I want to calculate the integral below for positive $u$. $$\int_0^\infty \dfrac{t\sin{t}}{u^2+t^2}dt$$ Wolframalpha gives me a simple answer : $\dfrac{\pi}{2}e^{-u}$.
but I cannot approach to that. Can anyone solve above without using complex integral (ex.residue integration.. because I'm beginner of analysis)?
Thanks.
On
Contour integration We are going to evaluate the integral using contour integration along anti-clockwise direction of the upper semi-circle $$\gamma=\gamma_{1} \cup \gamma_{2} \textrm{ where } \gamma_{1}(t)=t+i 0(-R \leq t \leq R) \textrm{ and } \gamma_{2}(t)=R e^{i t} (0<t<\pi) $$ $$ \begin{aligned} \int_0^{\infty} \frac{t \sin t}{u^2+t^2} d t=& \frac{1}{2} \Im \int_{-\infty}^{\infty} \frac{t e^{t i}}{u^2+t^2} d t \\ = & \frac{1}{2} \Im\oint_\gamma \frac{z e^{z i}}{u^2+z^2} d t \\ = & \frac{1}{2} \Im\left[2 \pi i\operatorname{Res} \left(\frac{z e^{z i}}{u^2+z^2}, z=ui\right)\right] \\ = & \frac{1}{2} \Im\left(2 \pi i \lim _{z \rightarrow u i}(z-u i) \frac{z e^{zi}}{z^2+u^2}\right) \\ = & \frac{1}{2} \Im\left(2 \pi i \frac{(u i) e^{(u i) i}}{2 u i}\right) \\ = & \frac{\pi }{2} e^{-u} \end{aligned} $$
Hint.

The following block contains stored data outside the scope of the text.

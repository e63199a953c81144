//! A drive that talks in a reading: the turnaround, and the frames of its bytes.

use crate::tests::bits::owed_change;
use crate::tests::phase::Phase;
use crate::tests::reading::*;
use Line::*;
use Way::*;
use cbm_iec::*;
use std::process::Abort;

impl Reading {
    /// A turnaround may begin after a byte, with a talker and no listener.
    pub fn may_turn(&self, moment: u64) -> bool {
        let alone = self.has(Role::Talker) && !self.has(Role::Listener);
        alone && self.is_clear() && self.is_accepted(moment)
    }

    /// CLOCK is free: the talker answers, with a byte to say or with none.
    pub fn turned(mut self, rt: &impl Abort, moment: u64, next: &mut Vec<Reading>) {
        let Some((place, reaction)) = self.first_with(Role::Talker) else {
            return;
        };
        let answer = after(moment, reaction);
        let other = self.copy(rt);
        self.phase = Phase::Leading(answer);
        self.owe(rt, place, answer, Clock, Pull, None);
        self.owe(rt, place, answer, Data, Free, None);
        add(rt, next, self);
        other.silent(rt, place, answer, next)
    }

    /// The talker has nothing to say: it frees DATA, at a KERNAL's pace after it has held CLOCK for 80.
    fn silent(mut self, rt: &impl Abort, place: usize, answer: u64, next: &mut Vec<Reading>) {
        let mut end = answer;
        if self.pace_at(place) == Pace::Kernal {
            end = after(answer, 80);
            self.owe(rt, place, answer, Clock, Pull, None);
            self.owe(rt, place, end, Clock, Free, None);
        }
        self.phase = Phase::Silent(end);
        self.owe(rt, place, end, Data, Free, Some(Act::Silent));
        add(rt, next, self)
    }

    /// The talker frees CLOCK for a byte, last or not.
    pub fn offer(mut self, rt: &impl Abort, start: u64, next: &mut Vec<Reading>) {
        let Some((place, _)) = self.first_with(Role::Talker) else {
            return;
        };
        self.owe(rt, place, start, Clock, Free, None);
        let mut other = self.copy(rt);
        self.phase = Phase::Offered(false, start);
        other.phase = Phase::Offered(true, start);
        add(rt, next, self);
        add(rt, next, other)
    }

    /// DATA was changed by the host while a drive talks.
    pub fn answer(mut self, rt: &impl Abort, moment: u64, way: Way, next: &mut Vec<Reading>) {
        match (self.phase, way) {
            (Phase::Silent(at), Free) if at < moment => self.phase = Phase::Over,
            (Phase::Offered(false, start), Free) if start < moment => {
                return self.send(rt, moment, false, next);
            }
            (Phase::Offered(true, start), Free) if start < moment => {
                self.phase = Phase::Marking(moment);
            }
            (Phase::Marking(free), Pull) if after(free, 200) <= moment => {
                self.phase = Phase::Marked(moment);
            }
            (Phase::Marked(pull), Free) if after(pull, 60) <= moment => {
                return self.send(rt, moment, true, next);
            }
            (Phase::Waiting(last, first, byte), Pull) => {
                return self.accept(rt, moment, last, first, byte, next);
            }
            _ => return (),
        }
        add(rt, next, self)
    }

    /// The bits begin a reaction after the host's last release of DATA.
    fn send(mut self, rt: &impl Abort, moment: u64, last: bool, next: &mut Vec<Reading>) {
        let Some((_, reaction)) = self.first_with(Role::Talker) else {
            return;
        };
        self.phase = Phase::Sending(last, after(moment, reaction), 0, 0);
        self.bits(rt, next)
    }

    /// The next bit, 0 or 1, or the end of the byte: CLOCK is pulled and DATA freed.
    pub fn bits(mut self, rt: &impl Abort, next: &mut Vec<Reading>) {
        let (Phase::Sending(last, first, byte, count), Some((place, _))) = (
            self.phase,
            self.first_with(Role::Talker),
        ) else {
            return;
        };
        if count < 8 {
            let other = self.copy(rt);
            self.bit_of(
                rt,
                place,
                Phase::Sending(last, first, byte / 2, count + 1),
                next,
            );
            let one = Phase::Sending(last, first, byte / 2 + 128, count + 1);
            return other.bit_of(rt, place, one, next);
        }
        let end = after(first, eight_bits(self.talk_pace()));
        self.owe(rt, place, end, Clock, Pull, None);
        if self.holds_data(place) {
            self.owe(rt, place, end, Data, Free, None);
        }
        self.phase = Phase::Waiting(last, first, byte);
        add(rt, next, self)
    }

    fn holds_data(&self, place: usize) -> bool {
        match self.seats.get(place) {
            Some(seat) => seat.own.data_low,
            None => false,
        }
    }

    fn device_at(&self, place: usize) -> u8 {
        match self.seats.get(place) {
            Some(seat) => seat.party.device,
            None => 0,
        }
    }

    /// A bit: CLOCK pulled with DATA by the bit, and CLOCK freed half of a bit later.
    fn bit_of(mut self, rt: &impl Abort, place: usize, phase: Phase, next: &mut Vec<Reading>) {
        if let Phase::Sending(_, first, byte, count) = phase {
            let half = beat(self.talk_pace());
            let before = half
                .wrapping_mul(2)
                .wrapping_mul((count as u64).wrapping_sub(1));
            let at = after(first, before);
            self.owe(rt, place, at, Clock, Pull, None);
            let low = byte < 128;
            if low != self.holds_data(place) {
                self.owe(rt, place, at, Data, if low { Pull } else { Free }, None);
            }
            self.owe(rt, place, after(at, half), Clock, Free, None);
        }
        self.phase = phase;
        add(rt, next, self)
    }

    /// The host takes the byte 1 to 1,000 after the last pull of CLOCK.
    fn accept(
        mut self,
        rt: &impl Abort,
        moment: u64,
        last: bool,
        first: u64,
        byte: u8,
        next: &mut Vec<Reading>,
    ) {
        let end = after(first, eight_bits(self.talk_pace()));
        let fits = end < moment && moment <= after(end, 1000);
        let Some((place, reaction)) = self.first_with(Role::Talker) else {
            return;
        };
        if !fits || !self.is_clear() {
            return;
        }
        let device = self.device_at(place);
        add(rt, &mut self.acts, (device, Act::Said(byte, last)));
        if !last {
            return self.offer(rt, after(moment, 100), next);
        }
        self.phase = Phase::Taken;
        let freed = owed_change(place, after(moment, reaction), Clock, Free);
        add(rt, &mut self.owed, freed);
        add(rt, next, self)
    }
}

Let's consider the Laplace transform of $\displaystyle I(a):=\int_{0}^{\infty}\frac{\cos(ax)}{x^2+1}\:dx$. We have $$ \begin{aligned} \mathcal{L}\left(I(a)\right)(s)&=\mathcal{L}\left(\int_{0}^{\infty}\frac{\cos(ax)}{x^2+1}\:dx\right)(s) \\& = \int_{0}^{\infty}\int_{0}^{\infty}\frac{\cos(ax)}{x^2+1}e^{-as}\:da\:dx \\&= \int_{0}^{\infty}\frac{s}{(x^2+1)(s^2+x^2)}\;{dx} \\&= \frac{\pi}{2(s+1)} \end{aligned} $$giving $$ I(a)=\int_{0}^{\infty}\frac{\cos(ax)}{x^2+1}\:dx=\mathcal{L}^{-1}\left(\frac{\pi}{2(s+1)}\right) =\frac{\pi}{2}e^{-a},\qquad a>0, \tag2 $$ then by differentiating $(2)$ with respect to $a$, one gets $$ \int_{0}^{\infty}\frac{x\sin(ax)}{x^2+1}\:dx=\frac{\pi}{2}e^{-a},\qquad a>0. \tag3 $$ as given by Wolfram alpha.